А может быть, они советовали своим просто сидеть тихо в засаде и не высовываться? Думаю, что все эти варианты гэбэшники прокручивали у себя. И мне кажется (и казалось так же тогда, осенью шестьдесят первого), что они использовали все три варианта.
Я помню, что открыто против Миши выступило только два человека — Алешин и Заславский. Это, конечно, не означало наверняка, что они сотрудничали с гэбэшниками. Но такое подозрение на них в то время пало.
Я внимательно прислушивался к выступавшим так или иначе в Мишину защиту. Пытался поймать какие-то фальшивые ноты в их выступлениях. На самом деле, было не так уж трудно выделить искренние выступления в защиту Миши. Например, Бэла Беленькая на первом собрании встала и сказала, что все, мол, думают, как Миша, только никто не выступает открыто. Вот она была вне подозрений. Потому что такое подсказать гэбэшники не могли ни при какой погоде.
Валя Вулихман обратил мое внимание на выступление Бэлы. Он был им очень недоволен, полагая, что она таким образом как бы подставляла всю нашу компанию. А я его успокаивал и говорил, что мол, ничего такого конкретного «подставляющего» в ее выступлении не было. Но, конечно, соглашался с Валей, что лучше было бы ей помалкивать.
После первого общего собрания начались собрания по группам. Давление на нас было ужасное. В нашей группе «Теория функций и функциональный анализ» нам не дали даже рассесться за столами, как мы хотели. Мне показали стол, за который я должен был сесть. Тут же ко мне подсел какой-то молодой человек крепкого телосложения. Я думал тогда, что с нами сидели гэбэшники. Но по прочтении твоего воспоминания, Сережа, стал думать, что, может быть, это были представители завода «Серп и молот». А может, это были гэбэшники с завода «Серп и молот»?
О чем бы ни заходила речь на собрании, мой сосед тихонько спрашивал меня: «А какого вы лично мнения на этот счет?» И самым трудным был вопрос: «Как вы, лично вы, считаете — совместимы ли взгляды Лейкина с пребыванием в комсомоле?»

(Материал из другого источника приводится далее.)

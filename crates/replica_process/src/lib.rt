//! A replica as a process: it reads records and writes records, and nothing else.
//!
//! Frames that come, timers that are over and links that change are told by records (`records`). [`serve`] steps a
//! replica by each, and writes a record for each frame that it sends, and for each timer that then begins (`patience`).
//! It reads no clock and opens nothing, so what it writes follows from what it reads. A replica is any [`Machine`];
//! that of the crate `replica` is one.
//!
//! # What is proved
//!
//! Over every reader and writer, and for every configuration that the machine fits: the bytes that are written are
//! those of a course over the records that were read (`Serves`), and its events are a correct replica's history
//! (`IsPromptReplica`): it is safe, and does all that it owes. Each event's outputs are written before the next
//! event's. Each frame has one record, with exactly the parties for whom it is. The timers are those for which the
//! replica's patience asks, and it gets no other timeouts.
//!
//! If reading fails or memory runs out, this is so of a front of the records. If writing fails, a front of the bytes
//! was written. All that is due is written and flushed before the reader is asked for a record that has not come whole:
//! `Process::take_record` requires it.
//!
//! # What it keeps
//!
//! Beside the machine: the longest record and 65,536 bytes that were read (`records`), and fewer than 65,536 bytes of
//! records that are not written yet, with those of one event behind them. It keeps no history.
#![tactic(auto)]

mod fault;
mod machine;
mod of_replica;
mod process;

pub use fault::ServeFault;
pub use machine::Machine;
pub use process::serve;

В конце концов вопрос об исключении Миши из комсомола был поставлен на голосование. Наша группа вся поголовно (так мне помнится) при голосовании воздержалась. Мотивировка была примерно такой: «Конечно, Миша был неправ. Но его исключение из комсомола будет означать исключение из университета. А поскольку он уже все осознал и во всем покаялся, то мы хотим, чтобы он остался в университете».
В этот момент Миша уже, кажется, действительно все осознал. В том смысле, что он осознал уже и свою доверчивость, и свою наивность, и всю опасность ситуации. Мы стали с ним обсуждать стратегию его поведения на повторном общем собрании. Миша стал читать нам свое покаянное письмо. Там были слова о том, что он с самого раннего детства терпел притеснения как еврей. Мы очень советовали ему вычеркнуть это. Мы считали это лишним унижением, которое к тому же может только еще более разозлить гэбэшников. Хотя, наверное, понимали, что ничто уже не может ни помешать готовящейся расправе, ни подтолкнуть ее. Миша сказал, что он вычеркнет эти слова из письма. Но он не сделал этого.
Саша Олевский все твердил нам: «Всех вас выгонят к чертовой матери. Вы не знаете, что тут было в пятьдесят шестом». Лена Ефимова передала Марику (не помню, были ли они уже мужем и женой тогда) дружеское предупреждение от Николая Владимировича Ефимова о том, что строптивые студенты будут из университета отчислены.
Кстати, о роли Николая Владимировича в деле Лейкина. Андрей Тоом считает, что основной причиной всего дела было предполагаемое назначение (выборы) Николая Владимировича на должность декана нашего факультета. Вот доводы Андрея (www.de.ufpe.br/~toom/scandals/leikin/LEIKIN.DOC):
«…надо сказать об истинной подоплёке этого дела. Это были годы правления Хрущёва. Общая либерализация коснулась и университетов и где-то в верхах было решено вернуться к практике выборов деканов факультетов, а не назначать их приказами сверху, как было все сталинские годы. Уже был намечен кандидат в деканы мех-мата, Николай Владимирович Ефимов — добрый и умный человек, хороший администратор, компетентный математик. Его специально пригласили из другого города и назначили заведующим кафедрой математического анализа. Парткому вся эта либерализация была поперёк горла и он ухватился за случай с Лейкиным и стал его раздувать».